Maxillomandibular advancement, which involves moving the mandible and maxilla anteriorly by as much as 15 mm, creates more physical space for the tongue and can resolve OSA in some patients. In a patient with craniofacial deficiencies, this also can result in cosmetic improvement. Most literature reviews show a 75% to almost 100% success rate of maxillomandibular advancement for treating OSA, with a long-term success rate of 90%. However, this surgery is not often recommended for a number a reasons including the fact that it may negatively affect a person’s appearance if they do not have a craniofacial deficiency. In addition, recovery can be prolonged, and trained surgeons may not be available within a given community.35
Tracheotomy is the definitive surgical treatment for sleep apnea, as it creates an opening in the neck to allow for breathing, bypassing the collapsed upper airway. Although it can be life- saving for patients with severe OSA who do not respond to CPAP or BIPAP treatment, it generally is considered the treatment of last resort, as it affects voice quality and cosmesis, and limits activities. In general, surgical options need to be explored and discussed when patients find they cannot or are unwilling to use CPAP or still have symptoms despite using CPAP. More studies are needed to objectively document the efficacy of surgical interventions and to determine their relative cost-effectiveness. As always, a big part of our job as physicians is to tailor care to the patient although at times the patient’s wishes may not be our first choice.
■ New Treatments
Hypoglossal nerve stimulation delivered by a device implanted in the intercostal space and tunneled subcutaneously to loop around the hypoglossal nerve, is currently being studied in Minnesota for the management of moderate sleep apnea. The device sends an impulse unilaterally to cranial nerve XII, which then causes the tongue’s protrusion and airway opening. Other treatments under development or being tested include robotic surgery for removal of the tonsils and tissues at the back of the throat. Approved in December for removal of head and neck cancers, robotic surgery is more precise and less invasive than manual techniques. Medications such as Qnexa are being tested to aid with weight loss.
Conclusion
Obstructive sleep apnea plays a role in a number of medical conditions that affect a person’s quality of life and their ability to interact with friends and family members and perform in the workplace. As we improve our understanding of the relationship between these conditions and OSA, we will be better able to provide effective therapeutic interventions for our patients.

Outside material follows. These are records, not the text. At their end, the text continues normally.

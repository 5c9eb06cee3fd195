//! What a run asks of a map by each instruction, and what it makes of the reply, worked out by hand.

use super::listing::{EXIT, checked};
use super::programs::{MOMENT, accepted, accepted_in};
use super::scripted::{Asked, Replies, ScriptedPort};
use crate::asserting::{same, same_fact};
use ebpf_decode::{Insn, MapDef, MapKind, Version};
use isa::Register::{R0, R1, R2, R3, R4, R5, R6, R10};
use isa::{AluOp, AtomicOp, Size, SourceOperand, Test, Width};
use machine::{Exit, Stop, run};
use semantics::{Key, Value, Verdict};
use std::alloc::Global;
use std::process::Abort;
use test_support::{add, call, jump, lddw, load, mov, number, put, store};
use verifier::Verified;
use wire::{Frame, FrameFault};

/// One hash map of keys of four bytes and values of 16.
const HASH: [MapDef; 1] = [MapDef {
    kind: MapKind::Hash,
    key_size: 4,
    value_size: 16,
    max_entries: 8,
}];

pub(super) const REPLIES: Replies = Replies {
    number: 3,
    answer: 2,
    before_refusal: 100,
};

/// A run of a program over the hash map, with these replies, ends so, was last asked this, and leaves this frame.
fn asks(
    rt: &impl Abort,
    alloc: Global,
    replies: Replies,
    head: &[Insn],
    tail: &[Insn],
    want: Result<Exit, Stop>,
    asked: Asked,
    bytes: &[u8],
    name: &str,
) {
    let verified = accepted(rt, alloc, &HASH, head, tail);
    asks_by(rt, alloc, &verified, replies, want, asked, bytes, name).expect(rt, "a frame");
}

/// The same of a program of version 2 over arrays, which leaves the frame as it was.
pub(super) fn asks_of_arrays(
    rt: &impl Abort,
    alloc: Global,
    arrays: &[MapDef],
    replies: Replies,
    head: &[Insn],
    tail: &[Insn],
    want: Result<Exit, Stop>,
    asked: Asked,
    name: &str,
) {
    let verified = accepted_in(rt, alloc, Version::V2, arrays, head, tail);
    let bytes = [0xaa; 20];
    asks_by(rt, alloc, &verified, replies, want, asked, &bytes, name).expect(rt, "a frame");
}

/// The same of an accepted program.
fn asks_by(
    rt: &impl Abort,
    alloc: Global,
    verified: &Verified,
    replies: Replies,
    want: Result<Exit, Stop>,
    asked: Asked,
    bytes: &[u8],
    name: &str,
) -> Result<(), FrameFault> {
    let mut port = ScriptedPort::over(verified.image(), replies);
    let mut frame = Frame::of(alloc, &[0xaa; 20])?;
    let ended = run(verified, &mut frame, &MOMENT, &mut port);
    same(rt, name, &ended, &want);
    same_fact(rt, name, "what was asked", &port.asked(), &asked);
    same_fact(rt, name, "the frame", &frame.bytes(), &bytes);
    Ok(())
}

/// The value of key 7 in R6, where it is found.
const FOUND: [Insn; 8] = [
    store!(Size::U32, R10, -4, 7),
    mov!(R2, R10),
    add!(R2, -4),
    Insn::Ldmap { dst: R1, map: 0 },
    call!(1),
    jump!(Test::Ne, R0, SourceOperand::Imm(0), 1),
    EXIT,
    mov!(R6, R0),
];

pub(super) fn ended(verdict: Verdict, steps: u64) -> Result<Exit, Stop> {
    Ok(Exit { verdict, steps })
}

const NUMBER: u64 = 0x1122_3344_5566_7788;

#[rattlefmt::skip]
static STORES: [(&str, Size, i16, u64, u64); 4] = [
    ("a byte",      Size::U8,   3, 1, 0x88),
    ("two bytes",   Size::U16,  6, 2, 0x7788),
    ("four bytes",  Size::U32, 12, 4, 0x5566_7788),
    ("eight bytes", Size::U64,  8, 8, NUMBER),
];

/// A store asks for the low bytes of the register.
#[test]
fn stores_of_a_register(rt: HostRuntime) {
    for &(name, size, offset, bytes, value) in &STORES {
        let tail = [
            lddw!(R5, NUMBER),
            put!(size, R6, offset, R5),
            number!(R0, 3),
            EXIT,
        ];
        let asked = Asked::Store {
            handle: 1,
            offset: u64::from(offset.unsigned_abs()),
            size: bytes,
            value,
        };
        asks(
            &rt,
            rt.alloc(),
            REPLIES,
            &FOUND,
            &tail,
            ended(Verdict::Tx, 11),
            asked,
            &[0xaa; 20],
            name,
        );
    }
}

#[rattlefmt::skip]
static PUTS: [(&str, Size, i32, u64, u64); 4] = [
    ("a byte of -1",      Size::U8,  -1, 1, 0xff),
    ("two bytes of -2",   Size::U16, -2, 2, 0xfffe),
    ("four bytes of -2",  Size::U32, -2, 4, 0xffff_fffe),
    ("eight bytes of -2", Size::U64, -2, 8, 0xffff_ffff_ffff_fffe),
];

/// An immediate is sign-extended first.
#[test]
fn stores_of_an_immediate(rt: HostRuntime) {
    for &(name, size, immediate, bytes, value) in &PUTS {
        let tail = [store!(size, R6, 8, immediate), number!(R0, 3), EXIT];
        let asked = Asked::Store {
            handle: 1,
            offset: 8,
            size: bytes,
            value,
        };
        asks(
            &rt,
            rt.alloc(),
            REPLIES,
            &FOUND,
            &tail,
            ended(Verdict::Tx, 10),
            asked,
            &[0xaa; 20],
            name,
        );
    }
}

#[rattlefmt::skip]
static ATOMICS: [(&str, AtomicOp, u64, Verdict); 10] = [
    ("add",                  AtomicOp::AtomicAdd,       0, Verdict::Pass),
    ("or",                   AtomicOp::AtomicOr,        0, Verdict::Pass),
    ("and",                  AtomicOp::AtomicAnd,       0, Verdict::Pass),
    ("xor",                  AtomicOp::AtomicXor,       0, Verdict::Pass),
    ("fetch and add",        AtomicOp::FetchAdd,        0, Verdict::Tx),
    ("fetch and or",         AtomicOp::FetchOr,         0, Verdict::Tx),
    ("fetch and and",        AtomicOp::FetchAnd,        0, Verdict::Tx),
    ("fetch and xor",        AtomicOp::FetchXor,        0, Verdict::Tx),
    ("exchange",             AtomicOp::Exchange,        0, Verdict::Tx),
    ("compare and exchange", AtomicOp::CompareExchange, 9, Verdict::Pass),
];

/// An operation on the number 3, by a source of 2 and with 9 in R0, asks so, and leaves this verdict in its source.
fn asks_atomic(
    rt: &impl Abort,
    alloc: Global,
    width: Width,
    bytes: u64,
    op: AtomicOp,
    expected: u64,
    verdict: Verdict,
    name: &str,
) {
    let atomic = Insn::AtomicUpdate {
        width,
        op,
        dst: R6,
        src: R5,
        offset: 8,
    };
    let tail = [number!(R0, 9), number!(R5, 2), atomic, mov!(R0, R5), EXIT];
    let asked = Asked::Atomic {
        handle: 1,
        offset: 8,
        size: bytes,
        op,
        value: 2,
        expected,
    };
    let want = ended(verdict, 12);
    asks(
        rt,
        alloc,
        REPLIES,
        &FOUND,
        &tail,
        want,
        asked,
        &[0xaa; 20],
        name,
    );
}

/// The operations that fetch put the number before, 3, in place of the source's 2; compare-and-exchange compares with R0, here 9, and
/// leaves its source.
#[test]
fn atomic_operations(rt: HostRuntime) {
    for &(name, op, expected, verdict) in &ATOMICS {
        asks_atomic(
            &rt,
            rt.alloc(),
            Width::Bits32,
            4,
            op,
            expected,
            verdict,
            name,
        );
        asks_atomic(
            &rt,
            rt.alloc(),
            Width::Bits64,
            8,
            op,
            expected,
            verdict,
            name,
        );
    }
}

/// Of 32 bits, an operation has the low half of each number.
#[test]
fn short_atomic_operations(rt: HostRuntime) {
    let op = AtomicOp::CompareExchange;
    let atomic = Insn::AtomicUpdate {
        width: Width::Bits32,
        op,
        dst: R6,
        src: R5,
        offset: 0,
    };
    let tail = [
        lddw!(R5, NUMBER),
        lddw!(R0, 0x9988_7766_5544_3322),
        atomic,
        EXIT,
    ];
    let asked = Asked::Atomic {
        handle: 1,
        offset: 0,
        size: 4,
        op,
        value: 0x5566_7788,
        expected: 0x5544_3322,
    };
    asks(
        &rt,
        rt.alloc(),
        REPLIES,
        &FOUND,
        &tail,
        ended(Verdict::Tx, 11),
        asked,
        &[0xaa; 20],
        "R0 has the old number",
    );
}

/// A pointer to a value that was spilled is the same when it comes back.
#[test]
fn a_spilled_value(rt: HostRuntime) {
    let tail = [
        add!(R6, 8),
        put!(Size::U64, R10, -16, R6),
        Insn::Ldx {
            size: Size::U64,
            dst: R4,
            src: R10,
            offset: -16,
        },
        store!(Size::U32, R4, 4, 5),
        number!(R0, 1),
        EXIT,
    ];
    let asked = Asked::Store {
        handle: 1,
        offset: 12,
        size: 4,
        value: 5,
    };
    asks(
        &rt,
        rt.alloc(),
        REPLIES,
        &FOUND,
        &tail,
        ended(Verdict::Drop, 13),
        asked,
        &[0xaa; 20],
        "12 bytes in",
    );
}

#[rattlefmt::skip]
static DELETIONS_BY_SPILLED: [(&str, [Insn; 8]); 2] = [
    ("a spilled map", [
        Insn::Ldmap { dst: R1, map: 0 },
        Insn::Stx { size: Size::U64, dst: R10, src: R1, offset: -32 },
        Insn::St { size: Size::U32, dst: R10, offset: -4, immediate: 7 },
        Insn::Alu { width: Width::Bits64, op: AluOp::Mov, dst: R2, source: SourceOperand::Reg(R10) },
        Insn::Alu { width: Width::Bits64, op: AluOp::Add, dst: R2, source: SourceOperand::Imm(-4) },
        Insn::Alu { width: Width::Bits64, op: AluOp::Mov, dst: R1, source: SourceOperand::Imm(0) },
        Insn::Ldx { size: Size::U64, dst: R1, src: R10, offset: -32 },
        Insn::CallHelper { helper: 3 },
    ]),
    ("a spilled place of the stack", [
        Insn::St { size: Size::U32, dst: R10, offset: -4, immediate: 7 },
        Insn::Alu { width: Width::Bits64, op: AluOp::Mov, dst: R2, source: SourceOperand::Reg(R10) },
        Insn::Alu { width: Width::Bits64, op: AluOp::Add, dst: R2, source: SourceOperand::Imm(-4) },
        Insn::Stx { size: Size::U64, dst: R10, src: R2, offset: -16 },
        Insn::Alu { width: Width::Bits64, op: AluOp::Mov, dst: R2, source: SourceOperand::Imm(0) },
        Insn::Ldx { size: Size::U64, dst: R2, src: R10, offset: -16 },
        Insn::Ldmap { dst: R1, map: 0 },
        Insn::CallHelper { helper: 3 },
    ]),
];

/// A map and a place of the stack are what they were when they come back.
#[test]
fn spilled_arguments(rt: HostRuntime) {
    for &(name, head) in &DELETIONS_BY_SPILLED {
        let asked = Asked::Delete {
            map: 0,
            key: key(&[7, 0, 0, 0]),
        };
        asks(
            &rt,
            rt.alloc(),
            REPLIES,
            &head,
            &[EXIT],
            ended(Verdict::Pass, 9),
            asked,
            &[0xaa; 20],
            name,
        );
    }
}

/// So is the packet's end: 20 bytes are there, and the last of them is written.
#[test]
fn a_spilled_packet_end(rt: HostRuntime) {
    let head = [
        load!(Size::U32, R2, R1, 0),
        load!(Size::U32, R3, R1, 4),
        put!(Size::U64, R10, -8, R3),
        number!(R3, 0),
        load!(Size::U64, R3, R10, -8),
        mov!(R4, R2),
        add!(R4, 20),
        number!(R0, 2),
        jump!(Test::Gt, R4, SourceOperand::Reg(R3), 2),
    ];
    let tail = [store!(Size::U8, R2, 19, 9), number!(R0, 3), EXIT];
    let mut bytes = [0xaa; 20];
    bytes[19] = 9;
    asks(
        &rt,
        rt.alloc(),
        REPLIES,
        &head,
        &tail,
        ended(Verdict::Tx, 12),
        Asked::Nothing,
        &bytes,
        "the last byte",
    );
}

fn key(bytes: &[u8]) -> Key {
    match Key::of(bytes) {
        Some(key) => key,
        None => Key::empty(),
    }
}

fn value(bytes: &[u8]) -> Value {
    match Value::of(bytes) {
        Some(value) => value,
        None => Value::empty(),
    }
}

/// The key at -4 and the value at -24 of the stack, map 0 in R1 and the flags in R4: the arguments of updates and deletions.
const ARGUMENTS: [Insn; 9] = [
    store!(Size::U32, R10, -4, 0x0403_0201),
    store!(Size::U64, R10, -24, 5),
    store!(Size::U64, R10, -16, -1),
    mov!(R2, R10),
    add!(R2, -4),
    mov!(R3, R10),
    add!(R3, -24),
    number!(R4, 1),
    Insn::Ldmap { dst: R1, map: 0 },
];

#[rattlefmt::skip]
static ANSWERS: [(&str, i32, Verdict); 3] = [
    ("2",                        2,  Verdict::Pass),
    ("3",                        3,  Verdict::Tx),
    ("-17, of 64 bits",        -17,  Verdict::Aborted),
];

#[test]
fn updates(rt: HostRuntime) {
    let value = value(&[
        5, 0, 0, 0, 0, 0, 0, 0, 255, 255, 255, 255, 255, 255, 255, 255,
    ]);
    for &(name, answer, verdict) in &ANSWERS {
        let replies = Replies { answer, ..REPLIES };
        let asked = Asked::Update {
            map: 0,
            key: key(&[1, 2, 3, 4]),
            value,
            flags: 1,
        };
        asks(
            &rt,
            rt.alloc(),
            replies,
            &ARGUMENTS,
            &[call!(2), EXIT],
            ended(verdict, 11),
            asked,
            &[0xaa; 20],
            name,
        );
    }
}

#[test]
fn deletions(rt: HostRuntime) {
    for &(name, answer, verdict) in &ANSWERS {
        let replies = Replies { answer, ..REPLIES };
        let asked = Asked::Delete {
            map: 0,
            key: key(&[1, 2, 3, 4]),
        };
        asks(
            &rt,
            rt.alloc(),
            replies,
            &ARGUMENTS,
            &[call!(3), EXIT],
            ended(verdict, 11),
            asked,
            &[0xaa; 20],
            name,
        );
    }
}

/// The packet's start moves 4 forward, so that 16 bytes are left, and the first of them is written.
#[test]
fn a_moved_start(rt: HostRuntime) {
    let head = [mov!(R6, R1), number!(R2, 4), call!(44), mov!(R1, R6)];
    let tail = [
        load!(Size::U32, R2, R1, 0),
        load!(Size::U32, R3, R1, 4),
        mov!(R4, R2),
        add!(R4, 16),
        number!(R0, 2),
        jump!(Test::Gt, R4, SourceOperand::Reg(R3), 1),
        store!(Size::U8, R2, 0, 7),
        number!(R0, 3),
        EXIT,
    ];
    let mut bytes = [0xaa; 16];
    bytes[0] = 7;
    asks(
        &rt,
        rt.alloc(),
        REPLIES,
        &head,
        &tail,
        ended(Verdict::Tx, 13),
        Asked::Nothing,
        &bytes,
        "16 bytes",
    );
}

#[rattlefmt::skip]
static STAYS: [(&str, i32); 2] = [
    ("13 bytes would be left",  7),
    ("more than the headroom", -257),
];

/// Where it cannot move, R0 is -22, and the packet as it was.
#[test]
fn a_start_that_stays(rt: HostRuntime) {
    for &(name, distance) in &STAYS {
        let tail = [add!(R0, 25), EXIT];
        let head = [number!(R2, distance), call!(44)];
        asks(
            &rt,
            rt.alloc(),
            REPLIES,
            &head,
            &tail,
            ended(Verdict::Tx, 4),
            Asked::Nothing,
            &[0xaa; 20],
            name,
        );
    }
}

/// The second call is refused: the packet is as the run had made it by then.
#[test]
fn a_refusal_in_the_middle(rt: HostRuntime) {
    let head = checked!(20, 1);
    let tail = [
        Insn::Ja { distance: 1 },
        EXIT,
        store!(Size::U8, R2, 0, 1),
        store!(Size::U32, R10, -4, 7),
        mov!(R2, R10),
        add!(R2, -4),
        Insn::Ldmap { dst: R1, map: 0 },
        call!(1),
        jump!(Test::Ne, R0, SourceOperand::Imm(0), 1),
        EXIT,
        mov!(R6, R0),
        store!(Size::U64, R6, 0, 6),
        number!(R0, 3),
        EXIT,
    ];
    let replies = Replies {
        before_refusal: 1,
        ..REPLIES
    };
    let asked = Asked::Store {
        handle: 1,
        offset: 0,
        size: 8,
        value: 6,
    };
    let mut bytes = [0xaa; 20];
    bytes[0] = 1;
    let want = Err(Stop::JournalFull { shard: 0 });
    asks(
        &rt,
        rt.alloc(),
        replies,
        &head,
        &tail,
        want,
        asked,
        &bytes,
        "the store is refused",
    );
}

As in other areas of medicine, surgeons and sleep specialists will need to work together more often to treat patients who are not responding adequately to noninvasive therapies or who have persistent, bothersome symptoms despite compliance with the prescribed treatment. At the moment, however, we can celebrate the fact that we have made tremendous gains in our understanding of OSA and that patients have an array of options that can help them. MM
Inell Rosario is an otolaryngologist at Midwest Ear, Nose, and Throat Specialists in the Twin Cities.